Reasoning Through Chess: How Reasoning Evolves from Data Through Fine-Tuning and Reinforcement Learning

arXiv cs.LG / 4/8/2026

💬 OpinionSignals & Early TrendsIdeas & Deep AnalysisModels & Research

Key Points

  • The paper studies how LLM reasoning in chess improves as training progresses from supervised fine-tuning (SFT) to reinforcement learning (RL) using theoretically inspired datasets.
  • It finds that SFT to directly predict the best move can make RL effective and yield strong downstream performance, but that the resulting RL may produce unfaithful reasoning that is inconsistent with the selected move.
  • Training on multi-move trajectories achieves similar downstream chess performance while improving “faithful reasoning” and making RL training more stable.
  • The authors report that RL shifts the distribution of move quality positively and reduces hallucination rates, and they identify SFT checkpoint metrics (evaluation, hallucinations, reasoning quality) that predict post-RL performance.
  • They release checkpoints, final models, training data, evaluations, and code, claiming a 7B-parameter model that surpasses leading open-source reasoning models in chess.

Abstract

How can you get a language model to reason in a task it natively struggles with? We study how reasoning evolves in a language model -- from supervised fine-tuning (SFT) to reinforcement learning (RL) -- by analyzing how a set of theoretically-inspired datasets impacts language model performance in chess.
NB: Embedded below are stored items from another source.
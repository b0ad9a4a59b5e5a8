// Replays the stored answers for images: telling ones, code of random bytes, finished code, and finished code with bytes changed. oracle/store writes its stdin.
#![tactic(auto)]

use answer_replay::Asked;
use std::io;

fn main(rt: HostRuntime) -> io::Result<()> {
    answer_replay::replay_input(&mut rt.stdin(), &mut rt.stdout(), Asked::Images)?;
    Ok(())
}
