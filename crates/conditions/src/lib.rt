//! Conditions on pictures: what they say, what they mean, and how large they may be.
#![tactic(auto)]

mod condition;
pub mod laws;
mod limits;
mod pattern;
mod size;

pub use condition::{Cond, Factor, FactorList, Op, Term};
pub use pattern::{Pattern, PatternEdge};
pub use sqlite_items::Boxed;
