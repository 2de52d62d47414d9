use crate::pattern::Pattern;
use graph_types::{LabelId, List};
use sqlite_items::Boxed;

/// What is counted in a picture. On an empty picture each is 0.
#[derive(Clone, Copy, Debug, PartialEq, Eq)]
pub enum Term {
    /// The vertices, or those with this label.
    Vertices(Option<LabelId>),
    /// The edges, or those with this label.
    Edges(Option<LabelId>),
    /// The edges of which one end has the first label and the other one the second.
    Joins(LabelId, LabelId),
    /// The labels that some vertex has.
    Kinds,
    /// The largest degree of a vertex.
    Degree,
    /// The pairs of different vertices without an edge.
    Missing,
    /// The least degree of a vertex.
    Least,
}

/// A term as often as `times` says.
#[derive(Clone, Copy, Debug, PartialEq, Eq)]
pub struct Factor {
    pub times: u32,
    pub term: Term,
}

/// The factors of a sum, in the order in which they are written.
pub type FactorList = List<Factor>;

/// How a sum is compared with its bound.
#[derive(Clone, Copy, Debug, PartialEq, Eq)]
pub enum Op {
    AtMost,
    Below,
    AtLeast,
    Above,
    Equal,
    Unequal,
}

/// A condition on a picture.
#[derive(Debug, Drop)]
pub enum Cond {
    True,
    False,
    Compare { sum: FactorList, op: Op, bound: u32 },
    Not(Boxed<Cond>),
    And(Boxed<Cond>, Boxed<Cond>),
    Or(Boxed<Cond>, Boxed<Cond>),
    /// The picture is this pattern.
    Shape(Pattern),
}
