ghost use Rattle.std.specs.Prelude.{◌≡◌, ◌↔◌, IsTrue, nat_le};
ghost use Rattle.std.specs.List.{list_all};
ghost use Rattle.conditions.specs.storage.Size.{IsSizeOf};
ghost use Rattle.conditions.specs.meaning.Written.{are_numbers_within, come_in_order, comes_after, is_pair_of, is_pattern_within, is_sum_within, IsWithinLimits, most_times, written_size};

use crate::condition::{Cond, Factor};
use crate::pattern::{Pattern, PatternEdge};
use crate::size::{Size, shape_tokens, sum_tokens};

const MOST_TIMES: u32 = 100;

const MOST_BOUND: u32 = 10_000;

const MOST_FACTORS: usize = 16;

const MOST_PATTERN_VERTICES: usize = 8;

const MOST_DEPTH: u32 = 32;

const MOST_TOKENS: u32 = 512;

impl Cond {
    /// Whether it is no larger than a condition of a program may be: sums of 1 to 16 factors, factors up to
    /// 100, bounds up to 10,000 and, where it is written with no more parentheses than it needs, up to 512
    /// tokens with up to 32 `not` and parentheses open at once. Takes time linear in its size.
    pub fn is_within_limits(&self) -> bool
        ensures { IsTrue result ↔ IsWithinLimits self.now }
    {
        if !self.are_numbers_within() {
            return false;
        }
        let size = self.size();
        size.tokens <= MOST_TOKENS && size.depth <= MOST_DEPTH
    }

    fn are_numbers_within(&self) -> bool
        ensures { result ≡ are_numbers_within self.now }
    {
        match self {
            Cond::True | Cond::False => true,
            Cond::Compare { sum, op: _, bound } => { is_sum_within(sum) && *bound <= MOST_BOUND }
            Cond::Not(c) => c.get().are_numbers_within(),
            Cond::And(c, d) | Cond::Or(c, d) => {
                c.get().are_numbers_within() && d.get().are_numbers_within()
            }
            Cond::Shape(pattern) => pattern.is_within_limits(),
        }
    }

    fn size(&self) -> Size
        requires { IsTrue (are_numbers_within self.now) }
        ensures { IsSizeOf (written_size self.now) result }
    {
        match self {
            Cond::True | Cond::False => Size::of_atom(1),
            Cond::Compare {
                sum,
                op: _,
                bound: _,
            } => Size::of_atom(sum_tokens(sum) + 2),
            Cond::Not(c) => c.get().size().negated(),
            Cond::And(c, d) => c.get().size().and(d.get().size()),
            Cond::Or(c, d) => c.get().size().or(d.get().size()),
            Cond::Shape(pattern) => Size::of_atom(shape_tokens(pattern)),
        }
    }
}

fn is_sum_within(sum: &[Factor]) -> bool
    ensures { result ≡ is_sum_within sum.now }
{
    1 <= sum.len() && sum.len() <= MOST_FACTORS && are_times_within(sum)
}

fn are_times_within(sum: &[Factor]) -> bool
    ensures { result ≡ list_all (λ f. nat_le f.times most_times) sum.now }
{
    sum.iter().all(|f| f.times <= MOST_TIMES)
}

impl Pattern {
    /// Whether it is one that a condition of a program may have: 1 to 8 vertices, and each edge once, ascending. Takes
    /// time linear in its size.
    pub fn is_within_limits(&self) -> bool
        ensures { result ≡ is_pattern_within self.now }
    {
        let vertices = self.labels.len();
        1 <= vertices
            && vertices <= MOST_PATTERN_VERTICES
            && are_pairs_of(vertices as u32, &self.edges)
            && come_in_order(&self.edges)
    }
}

fn are_pairs_of(vertices: u32, edges: &[PatternEdge]) -> bool
    ensures { result ≡ list_all (is_pair_of vertices) edges.now }
{
    edges
        .iter()
        .all(|e| 1 <= e.low && e.low < e.high && e.high <= vertices)
}

fn come_in_order(edges: &[PatternEdge]) -> bool
    ensures { result ≡ come_in_order 0 0 edges.now }
{
    let mut low = 0;
    let mut high = 0;
    for e in edges {
        if !comes_after(low, high, e) {
            return false;
        }
        low = e.low;
        high = e.high;
    }
    true
}

fn comes_after(low: u32, high: u32, e: &PatternEdge) -> bool
    ensures { result ≡ comes_after low high e.now }
{
    low < e.low || (low == e.low && high < e.high)
}
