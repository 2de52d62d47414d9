use graph_types::{LabelId, List};

/// An edge of a pattern with its label, between two of its vertices by their numbers from 1, the lower one first.
#[derive(Clone, Copy, Debug, PartialEq, Eq)]
pub struct PatternEdge {
    pub low: u32,
    pub high: u32,
    pub label: LabelId,
}

/// A labelled graph whose vertices are numbered from 1: the label of each vertex, in their order, and the edges,
/// ascending by the lower end and then by the higher one.
#[derive(Debug, Drop)]
pub struct Pattern {
    pub labels: List<LabelId>,
    pub edges: List<PatternEdge>,
}
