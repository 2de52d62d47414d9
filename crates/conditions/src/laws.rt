//! Laws about what terms count, and where patterns are looked for: each is the contract of a function that does nothing.

ghost use Rattle.std.specs.Prelude.{◌≡◌, ◌+◌, ◌-◌, ◌*◌, ◌/◌, ℕ, IsTrue, List, length};
ghost use Rattle.graph_types.specs.meaning.Graph.{Graph, edges_of, empty_graph, vertices_of};
ghost use Rattle.graph_types.specs.meaning.Simple.{IsSimple};
ghost use Rattle.conditions.specs.declared.condition.Term.{Term};
ghost use Rattle.conditions.specs.declared.condition.Term.TheVariants.{Missing};
ghost use Rattle.conditions.specs.meaning.Counts.{term_count};
ghost use Rattle.conditions.specs.meaning.Fits.{IsOrderOf, are_all_alike, numbered, orders};
ghost use Rattle.conditions.specs.meaning.Written.{is_pattern_within};
ghost use Rattle.conditions.specs.declared.pattern.Pattern.{Pattern};
ghost use Rattle.shared_lemmas.specs.meaning.Membership.{IsDistinct, IsIn};

/// Where each edge has its ends, the lower one first, the pairs without an edge are those that the edges
/// leave of all pairs.
pub fn missing_is_what_edges_leave()
    ensures { (g : Graph) → IsSimple g →
        (let n = length (vertices_of g) in
        term_count Missing g + length (edges_of g) ≡ n * (n - 1) / 2) }
{}

/// In a graph that has nothing each term counts 0.
pub fn terms_of_nothing()
    ensures { (term : Term) → term_count term empty_graph ≡ 0 }
{}

/// The orders of the items of a list are all lists that have as many items, each once, and all from the list.
pub fn orders_have_all_items()
    ensures each { (xs vs : List ℕ) → IsDistinct xs → IsIn vs (orders xs) → IsOrderOf xs vs }
    ensures all { (xs vs : List ℕ) → IsDistinct xs → IsOrderOf xs vs → IsIn vs (orders xs) }
{}

/// Where all vertices of a simple graph stand in an order in which each two are joined as the pattern's are, the graph
/// has as many edges as the pattern.
pub fn joined_alike_has_as_many_edges()
    ensures { (s : Pattern) (g : Graph) (vs : List ℕ) → IsTrue (is_pattern_within s) → IsSimple g →
        IsIn vs (orders (vertices_of g)) → length vs ≡ length s.labels → IsTrue (are_all_alike s g (numbered 1 vs)) →
        length (edges_of g) ≡ length s.edges }
{}
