use crate::case::{CaseFault, field, shards};
use crate::showing::show_difference;
use graph_types::{Snapshot, Update};
use line_fields::Names;
use std::alloc::Global;
use std::fmt::Write;
use update_reader::{Item, UpdateFault, read_line};
use update_rules::{StepFault, admit, net_of, parts, step};

/// `graph`: takes all out.
pub fn clear(
    alloc: Global,
    names: &mut Names,
    graph: &mut Snapshot,
    answer: &mut String,
) -> Result<(), CaseFault> {
    *names = Names::new(alloc)?;
    *graph = Snapshot::new(alloc);
    answer.push_str("empty")?;
    Ok(())
}

/// `make UPDATE`
pub fn make(
    alloc: Global,
    names: &mut Names,
    graph: &mut Snapshot,
    text: &str,
    answer: &mut String,
) -> Result<(), CaseFault> {
    let update = read_update(alloc, names, text)?;
    match step(graph, &update) {
        Ok(()) => answer.push_str("made")?,
        Err(StepFault::Refused(why)) => write!(answer, "{why:?}")?,
        Err(StepFault::NoMemory) => return Err(CaseFault::NoMemory),
    }
    Ok(())
}

/// `changes SHARDS UPDATE`: the net change of an update, and its parts. It isn't made.
pub fn changes(
    alloc: Global,
    names: &mut Names,
    graph: &Snapshot,
    text: &str,
    answer: &mut String,
) -> Result<(), CaseFault> {
    let (word, text) = field(text);
    let shards = shards(word)?;
    let update = read_update(alloc, names, text)?;
    if let Err(why) = admit(graph, &update) {
        write!(answer, "{why:?}")?;
        return Ok(());
    }
    let net = net_of(alloc, graph, &update)?;
    let parts = parts(alloc, graph, &update, shards)?;
    show_difference(&net, &parts, answer)
}

/// The update of a line.
pub fn read_update(alloc: Global, names: &mut Names, text: &str) -> Result<Update, CaseFault> {
    match read_line(alloc, text.as_bytes(), names) {
        Ok(Item::Update(update)) => Ok(update),
        Err(UpdateFault::NoMemory) => Err(CaseFault::NoMemory),
        _ => Err(CaseFault::BadCase),
    }
}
We find that fine-tuning a model to directly predict the best move leads to effective RL and the strongest downstream performance -- however, the RL step elicits unfaithful reasoning (reasoning inconsistent with the chosen move). Alternatively, training on multi-move trajectories yields comparable downstream performance with faithful reasoning and more stable RL. We show that RL induces a substantial positive shift in the distribution of move quality and reduces hallucination rates as a side effect. Finally, we find several SFT-checkpoint metrics -- metrics spanning evaluation performance, hallucination rates, and reasoning quality -- to be predictive of post-RL model performance. We release checkpoints and final models as well as training data, evaluations, and code which allowed us to surpass leading open-source reasoning models in chess with a 7B-parameter model.